The researchers created several network algorithms using both approaches and evaluated their advantages before deciding to combine them. Among a variety of ensemble methods, they chose a method using a judge neural network that would select the best ensemble response in each case. The team combined seven disparate language models (Gemini-3-Pro-Preview, GLM-4.6, Llama-3.3-70B-Instruct, Qwen3-235B-A22B-Instruct, Claude 4.5 Haiku, Qwen2.5-32B-Instruct, and their own model, Meno-Lite-0.1) and used GPT-4o-mini to select the best response in each case. The diversity of models and approaches provided an additional boost in quality.

"The Meno-Lite-0.1 model, our team's own development based on Qwen2.5-7B-Instruct, deserves special attention. This compact model with 7 billion parameters was specifically retrained for use in RAG pipelines on a corpus of Russian- and English-language educational data. Despite its small size, Meno-Lite demonstrated performance comparable to significantly larger models and contributed to the ensemble's final result," explained Ivan Bondarenko.

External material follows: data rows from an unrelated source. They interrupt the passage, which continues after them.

//! The processor's state.

ghost use Rattle.std.specs.Prelude.{◌≡◌, ◌+◌, ◌<◌};
ghost use Rattle.cp0_exceptions.specs.Causes.{IsRaised};
ghost use Rattle.mips3_exec.specs.Fixed.{HasFixed};
ghost use Rattle.mips3_exec.specs.Processor as law;

use cp0_exceptions::{Raised, leave, raise};
use cp0_regs::Cp0;
use ll_sc::Link;
use mips3_alu::Regs;
use tlb_model::Tlb;

/// The state of the processor: its registers, what its pipeline owes to a branch, CP0, the TLB, and how far
/// the run has come.
#[derive(Drop)]
pub struct Cpu {
    pub regs: Regs,
    /// The address of the instruction that is carried out next.
    pub pc: u32,
    /// The address of the one after it.
    pub npc: u32,
    /// Whether the instruction at `pc` stands in the delay slot of a branch or jump.
    pub slot: bool,
    /// The link of load linked and store conditional.
    pub link: Link,
    pub cp0: Cp0,
    pub tlb: Tlb,
    /// How many ticks were made.
    pub ticks: u32,
    /// The halt code, once the run has ended.
    pub halt: Option<u32>,
}

impl Cpu {
    /// The processor at reset, with this value of Config.
    #[tactic(auto, using(crate::proofs::Fixed::reset_fixed), unfolding(crate::specs::Processor::reset_cpu))]
    pub fn new(config: u32) -> Cpu
        ensures reset { result ≡ law.reset_cpu config }
        ensures ticks { result.ticks ≡ 0 }
        ensures fixed { HasFixed config result }
    {
        Cpu {
            regs: Regs {
                r: [0; 32],
                hi: 0,
                lo: 0,
            },
            pc: 0xbfc00000,
            npc: 0xbfc00004,
            slot: false,
            link: Link { set: false },
            cp0: Cp0::new(config),
            tlb: Tlb::new(),
            ticks: 0,
            halt: None,
        }
    }

    /// Goes on to the next instruction.
    pub fn advance(&mut self)
        ensures advanced { self.new ≡ law.advanced self.old }
    {
        self.pc = self.npc;
        self.npc = self.npc.wrapping_add(4);
        self.slot = false;
    }

    /// Sets a general register, and goes on to the next instruction.
    pub fn set(&mut self, at: u8, value: u64)
        requires { at < 32 }
        ensures set { self.new ≡ law.with_result self.old at value }
    {
        self.regs.write(at, value);
        self.advance();
    }

    /// Goes on behind a jump or a branch: to its delay slot, or past the one of a branch likely that is not taken.
    pub fn branch(&mut self, taken: bool, likely: bool, target: u32)
        ensures branched { self.new ≡ law.branched self.old taken likely target }
    {
        if taken {
            self.pc = self.npc;
            self.npc = target;
            self.slot = true;
        } else if likely {
            self.pc = self.npc.wrapping_add(4);
            self.npc = self.npc.wrapping_add(8);
            self.slot = false;
        } else {
            self.pc = self.npc;
            self.npc = self.npc.wrapping_add(4);
            self.slot = true;
        }
    }

    // Goes on from an address.
    fn go_to(&mut self, pc: u32)
        ensures gone { self.new ≡ law.gone_to self.old pc }
    {
        self.pc = pc;
        self.npc = pc.wrapping_add(4);
        self.slot = false;
    }

    /// Takes an exception or an interrupt.
    pub fn take(&mut self, what: &Raised)
        requires { IsRaised what.now }
        ensures taken { self.new ≡ law.taken self.old what.now }
    {
        let vector = raise(&mut self.cp0, what, self.pc, self.slot);
        self.go_to(vector);
    }

    /// Returns from an exception.
    pub fn go_back(&mut self)
        ensures back { self.new ≡ law.gone_back self.old }
    {
        let pc = leave(&mut self.cp0);
        self.link.clear();
        self.go_to(pc);
    }

    /// The end of a tick: its count in CP0, by whether it wrote Wired, and its number.
    pub fn count(&mut self, wrote_wired: bool)
        requires { self.old.ticks < 4294967295 }
        ensures counted { self.new ≡ law.counted self.old wrote_wired }
    {
        self.cp0.count(wrote_wired);
        self.ticks += 1;
    }
}
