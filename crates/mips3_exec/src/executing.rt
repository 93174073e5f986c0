//! The effect of each operation.

ghost use Rattle.std.specs.Prelude.{◌≡◌, ◌<◌, ◌*◌, ◌^◌, ℕ, pos, IsTrue};
ghost use Rattle.mips3_alu.specs.Arithmetic as arithmetic;
ghost use Rattle.mips3_exec.specs.Operands as operands;
ghost use Rattle.mips3_exec.specs.Operands.{bits};
ghost use Rattle.mips3_exec.specs.Effects as law;
ghost use Rattle.mips3_exec.specs.Effects.{operation_of};
ghost use Rattle.mips3_table.specs.Instructions.{IsInst};
ghost use Rattle.mips3_exec.specs.Ranges.{AlignsByBytes, HasFields, HasRegisters, LeavesSystem, RaisesItsOwn, TouchesFew, TouchesMoved, amount_fits, is_computed, shifts_within};

use crate::accesses::moved;
use crate::effects::{Effect, Touch};
use crate::operands::{address, amount, destination, link_register, link_value, second, target};
use cp0_exceptions::codes::{BREAKPOINT, COPROCESSOR_UNUSABLE, OVERFLOW, SYSTEM_CALL, TRAP};
use mips3_alu::{
    Halves, Regs, alu_add, alu_addu, alu_and, alu_dadd, alu_daddu, alu_ddiv, alu_ddivu, alu_div,
    alu_divu, alu_dmult, alu_dmultu, alu_dsll, alu_dsra, alu_dsrl, alu_dsub, alu_dsubu, alu_mult,
    alu_multu, alu_nor, alu_or, alu_sll, alu_slt, alu_sltu, alu_sra, alu_srl, alu_sub, alu_subu,
    alu_xor,
};
use mips3_table::Operation::{
    Add, And, Branch, Breakpoint, Divide, ExclusiveOr, Jump, Load, LoadLeft, LoadLinked, LoadRight,
    LoadUpper, MoveFromCp0, MoveFromHi, MoveFromLo, MoveToCp0, MoveToHi, MoveToLo, Multiply, NotOr,
    OperateCache, Or, ProbeTlb, ReadTlb, ReturnFromException, SetWhere, ShiftLeft,
    ShiftRightArithmetic, ShiftRightLogical, Store, StoreConditional, StoreLeft, StoreRight,
    Subtract, Synchronize, SystemCall, TrapWhere, UseCoprocessor, WriteIndexedTlb, WriteRandomTlb,
};
use mips3_table::{
    Amount, Comparison, Coprocessor, DelaySlot, Form, Inst, Link, Operation, Overflow, Signedness,
    Width, record_of,
};
use r4_words::sext32;

// Whether a comparison holds of two values.
fn holds(comparison: Comparison, a: u64, b: u64) -> bool
    ensures { result ≡ law.holds comparison a b }
{
    match comparison {
        Comparison::Equal => a == b,
        Comparison::NotEqual => a != b,
        Comparison::Less => alu_slt(a, b) == 1,
        Comparison::LessUnsigned => alu_sltu(a, b) == 1,
        Comparison::GreaterOrEqual => alu_slt(a, b) == 0,
        Comparison::GreaterOrEqualUnsigned => alu_sltu(a, b) == 0,
        Comparison::LessOrEqual => alu_slt(b, a) == 0,
        Comparison::Greater => alu_slt(b, a) == 1,
    }
}

// The sum, or None where a trapping one does not fit.
fn sum(overflow: Overflow, width: Width, a: u64, b: u64) -> Option<u64>
    ensures { result ≡ law.sum_by overflow (bits width) a b }
{
    match (overflow, width) {
        (Overflow::Traps, Width::Word) => alu_add(a, b),
        (Overflow::Traps, Width::Double) => alu_dadd(a, b),
        (Overflow::Wraps, Width::Word) => Some(alu_addu(a, b)),
        (Overflow::Wraps, Width::Double) => Some(alu_daddu(a, b)),
    }
}

// The difference, or None where a trapping one does not fit.
fn difference(overflow: Overflow, width: Width, a: u64, b: u64) -> Option<u64>
    ensures { result ≡ law.difference_by overflow (bits width) a b }
{
    match (overflow, width) {
        (Overflow::Traps, Width::Word) => alu_sub(a, b),
        (Overflow::Traps, Width::Double) => alu_dsub(a, b),
        (Overflow::Wraps, Width::Word) => Some(alu_subu(a, b)),
        (Overflow::Wraps, Width::Double) => Some(alu_dsubu(a, b)),
    }
}

// The product, in two halves.
fn product(signedness: Signedness, width: Width, a: u64, b: u64) -> Halves
    ensures { result ≡ law.product_by signedness (bits width) a b }
{
    match (signedness, width) {
        (Signedness::Signed, Width::Word) => alu_mult(a, b),
        (Signedness::Signed, Width::Double) => alu_dmult(a, b),
        (Signedness::Unsigned, Width::Word) => alu_multu(a, b),
        (Signedness::Unsigned, Width::Double) => alu_dmultu(a, b),
    }
}

// The remainder and the quotient.
fn division(signedness: Signedness, width: Width, a: u64, b: u64) -> Halves
    ensures { result ≡ law.division_by signedness (bits width) a b }
{
    match (signedness, width) {
        (Signedness::Signed, Width::Word) => alu_div(a, b),
        (Signedness::Signed, Width::Double) => alu_ddiv(a, b),
        (Signedness::Unsigned, Width::Word) => alu_divu(a, b),
        (Signedness::Unsigned, Width::Double) => alu_ddivu(a, b),
    }
}

// rt shifted to the left.
fn left_shift(width: Width, by: Amount, inst: &Inst, regs: &Regs) -> u64
    requires rs { inst.now.rs < 32 }
    requires rt { inst.now.rt < 32 }
    requires sa { inst.now.sa < 32 }
    requires within { IsTrue (amount_fits by width) }
    ensures { result ≡ arithmetic.shifted_left (bits width) (operands.shifted_of inst.now regs.now)
        (operands.amount_of by width inst.now regs.now) }
{
    let value = regs.read(inst.rt);
    let amount = amount(by, width, inst, regs);
    match width {
        Width::Word => alu_sll(value, amount),
        Width::Double => alu_dsll(value, amount),
    }
}

// rt shifted to the right, with zeros before it.
fn logical_shift(width: Width, by: Amount, inst: &Inst, regs: &Regs) -> u64
    requires rs { inst.now.rs < 32 }
    requires rt { inst.now.rt < 32 }
    requires sa { inst.now.sa < 32 }
    requires within { IsTrue (amount_fits by width) }
    ensures { result ≡ arithmetic.shifted_right_logical (bits width) (operands.shifted_of inst.now regs.now)
        (operands.amount_of by width inst.now regs.now) }
{
    let value = regs.read(inst.rt);
    let amount = amount(by, width, inst, regs);
    match width {
        Width::Word => alu_srl(value, amount),
        Width::Double => alu_dsrl(value, amount),
    }
}

// rt shifted to the right, with copies of its sign before it.
fn arithmetic_shift(width: Width, by: Amount, inst: &Inst, regs: &Regs) -> u64
    requires rs { inst.now.rs < 32 }
    requires rt { inst.now.rt < 32 }
    requires sa { inst.now.sa < 32 }
    requires within { IsTrue (amount_fits by width) }
    ensures { result ≡ arithmetic.shifted_right_arithmetic (bits width) (operands.shifted_of inst.now regs.now)
        (operands.amount_of by width inst.now regs.now) }
{
    let value = regs.read(inst.rt);
    let amount = amount(by, width, inst, regs);
    match width {
        Width::Word => alu_sra(value, amount),
        Width::Double => alu_dsra(value, amount),
    }
}

// An exception that concerns no coprocessor.
fn exception(code: u8) -> Effect
    ensures { result ≡ law.exception code }
{
    Effect::Raise { code, unit: 0 }
}

// A value into a register, or the overflow exception where there is none.
fn set_if_some(reg: u8, value: Option<u64>) -> Effect
    ensures { result ≡ law.set_or_overflow reg value }
{
    match value {
        Some(value) => Effect::Set { reg, value },
        None => exception(OVERFLOW),
    }
}

// Values into HI and LO.
fn set_hi_and_lo(hi: u64, lo: u64) -> Effect
    ensures { result ≡ Effect.HiLo hi lo }
{
    Effect::HiLo { hi, lo }
}

// Both halves into HI and LO.
fn both(halves: Halves) -> Effect
    ensures { result ≡ law.to_hi_and_lo halves }
{
    set_hi_and_lo(halves.hi, halves.lo)
}

// The trap exception under a condition.
fn trap_where(condition: bool) -> Effect
    ensures { result ≡ law.trap_where condition }
{
    if condition {
        exception(TRAP)
    } else {
        Effect::Nothing
    }
}

// Whether the delay slot is passed over where the branch is not taken.
fn is_likely(slot: DelaySlot) -> bool
    ensures { result ≡ law.is_likely slot }
{
    matches!(slot, DelaySlot::NullifiedUnlessTaken)
}

// The exception of a coprocessor that is not usable.
fn unusable(coprocessor: Coprocessor) -> Effect
    ensures { result ≡ law.unusable coprocessor }
{
    let unit = match coprocessor {
        Coprocessor::One => 1,
        Coprocessor::Two => 2,
    };
    Effect::Raise {
        code: COPROCESSOR_UNUSABLE,
        unit,
    }
}

// A number in the upper half of a word, sign-extended.
#[tactic(auto, unfolding(mips3_alu::specs::Arithmetic::reduced))]
fn upper_half(number: u32) -> u64
    ensures { result ≡ arithmetic.reduced 32 (pos (number * 2 ^ 16)) }
{
    sext32(number << 16)
}

// Whether a comparison holds of the operands.
fn holds_of_operands(comparison: Comparison, form: Form, inst: &Inst, regs: &Regs) -> bool
    requires { HasFields form inst.now }
    ensures { result ≡ law.holds comparison (operands.first_of inst.now regs.now) (operands.second_of form inst.now regs.now) }
{
    holds(comparison, regs.read(inst.rs), second(form, inst, regs))
}

// A value into a register.
fn set(reg: u8, value: u64) -> Effect
    ensures { result ≡ Effect.Set reg value }
{
    Effect::Set { reg, value }
}

// A jump or a branch.
fn jump(
    taken: bool,
    likely: bool,
    link: Link,
    form: Form,
    inst: &Inst,
    regs: &Regs,
    pc: u32,
) -> Effect
    requires { HasFields form inst.now }
    ensures { result ≡ law.jump form inst.now regs.now pc taken likely link }
{
    Effect::Jump {
        taken,
        likely,
        target: target(form, inst, regs, pc),
        link: link_register(link, inst),
        value: link_value(link, pc),
    }
}

// An access to the bytes that an operation moves.
fn access(kind: Touch, operation: Operation, form: Form, inst: &Inst, regs: &Regs) -> Effect
    requires { HasFields form inst.now }
    ensures { result ≡ law.access form inst.now regs.now kind operation }
{
    let va = address(form, inst, regs);
    let reach = moved(operation, va);
    Effect::Touch {
        kind,
        va,
        first: reach.first,
        size: reach.size,
        reg: inst.rt,
    }
}

// The effect of an operation that sets a register, or HI and LO.
#[tactic(auto, unfolding(crate::specs::Effects::carried_out))]
fn computed(operation: Operation, form: Form, inst: &Inst, regs: &Regs) -> Effect
    requires fields { HasFields form inst.now }
    requires within { IsTrue (shifts_within operation) }
    requires computes { IsTrue (is_computed operation) }
    ensures { (pc : ℕ) → result ≡ law.carried_out form inst.now regs.now pc operation }
{
    let first = regs.read(inst.rs);
    let second = second(form, inst, regs);
    let reg = destination(form, inst);
    match operation {
        Add(width, overflow) => set_if_some(reg, sum(overflow, width, first, second)),
        Subtract(width, overflow) => set_if_some(reg, difference(overflow, width, first, second)),
        And => set(reg, alu_and(first, second)),
        Or => set(reg, alu_or(first, second)),
        ExclusiveOr => set(reg, alu_xor(first, second)),
        NotOr => set(reg, alu_nor(first, second)),
        SetWhere(comparison) => set(reg, u64::from(holds(comparison, first, second))),
        LoadUpper => set(reg, upper_half(inst.imm)),
        ShiftLeft(width, by) => set(reg, left_shift(width, by, inst, regs)),
        ShiftRightLogical(width, by) => set(reg, logical_shift(width, by, inst, regs)),
        ShiftRightArithmetic(width, by) => set(reg, arithmetic_shift(width, by, inst, regs)),
        Multiply(width, signedness) => both(product(signedness, width, first, second)),
        Divide(width, signedness) => both(division(signedness, width, first, second)),
        MoveFromHi => set(reg, regs.hi),
        MoveFromLo => set(reg, regs.lo),
        MoveToHi => set_hi_and_lo(first, regs.lo),
        MoveToLo => set_hi_and_lo(regs.hi, first),
        _ => unreachable!(),
    }
}

// The effect of an operation on the operands of a form.
#[tactic(auto, unfolding(crate::specs::Effects::carried_out))]
fn carried_out(operation: Operation, form: Form, inst: &Inst, regs: &Regs, pc: u32) -> Effect
    requires fields { HasFields form inst.now }
    requires within { IsTrue (shifts_within operation) }
    ensures { result ≡ law.carried_out form inst.now regs.now pc operation }
{
    match operation {
        Jump(link) => jump(true, false, link, form, inst, regs, pc),
        Branch(comparison, slot, link) => {
            let taken = holds_of_operands(comparison, form, inst, regs);
            jump(taken, is_likely(slot), link, form, inst, regs, pc)
        }
        TrapWhere(comparison) => trap_where(holds_of_operands(comparison, form, inst, regs)),
        SystemCall => exception(SYSTEM_CALL),
        Breakpoint => exception(BREAKPOINT),
        Synchronize => Effect::Nothing,
        Load(..) | LoadLeft(_) | LoadRight(_) => access(Touch::Load, operation, form, inst, regs),
        LoadLinked(_) => access(Touch::Link, operation, form, inst, regs),
        Store(_) | StoreLeft(_) | StoreRight(_) => {
            access(Touch::Store, operation, form, inst, regs)
        }
        StoreConditional(_) => access(Touch::Cond, operation, form, inst, regs),
        OperateCache => access(Touch::Cache, operation, form, inst, regs),
        UseCoprocessor(coprocessor) => unusable(coprocessor),
        MoveFromCp0(_)
        | MoveToCp0(_)
        | ReadTlb
        | WriteIndexedTlb
        | WriteRandomTlb
        | ProbeTlb
        | ReturnFromException => Effect::System { row: inst.row },
        _ => computed(operation, form, inst, regs),
    }
}

/// The effect of an instruction at pc on these registers.
#[tactic(auto, unfolding(crate::specs::Effects::effect_of), using(crate::proofs::TableFacts::row_facts))]
pub fn effect(inst: &Inst, regs: &Regs, pc: u32) -> Effect
    requires { IsInst inst.now }
    ensures effect { result ≡ law.effect_of inst.now regs.now pc }
    ensures registers { HasRegisters result }
    ensures system { LeavesSystem (operation_of inst.now) inst.now.row result }
    ensures raised { RaisesItsOwn result }
    ensures access { TouchesMoved (operation_of inst.now) result }
    ensures few { TouchesFew (operation_of inst.now) result }
    ensures aligned { AlignsByBytes (operation_of inst.now) result }
{
    let row = record_of(inst.row);
    carried_out(row.operation, row.form, inst, regs, pc)
}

The NSU team that participated in the competition included current and former NSU students and staff: Mikhail Kulakov, a master's student in the machine learning program implemented jointly with the School of Data Analysis and the Faculty of Mathematics and Mechanics of NSU; Ivan Chernov, a fourth-year student at the NSU Institute of Intelligent Robotics; Mikhail Komarov, a graduate of the NSU Institute of Intelligent Robotics and chief engineer of the RAGU open source project; Oleg Sedukhin, a graduate of the NSU Faculty of Information Technology; and Roman Derunets, a graduate of the NSU Institute of Intelligent Robotics and a participant in the Meno project.

A scientific paper describing their proposed solution has been submitted for peer review and will be presented at the ACL (Association for Computational Linguistics) conference, the world's largest scientific forum on computational linguistics. Ivan Bondarenko emphasized that the results obtained are already being used in the development of the university's internal project, Meno, an intelligent system based on RAG technologies. The methods developed by the team members can be used to improve the quality of dialog systems that work with external knowledge bases, including corporate and educational applications.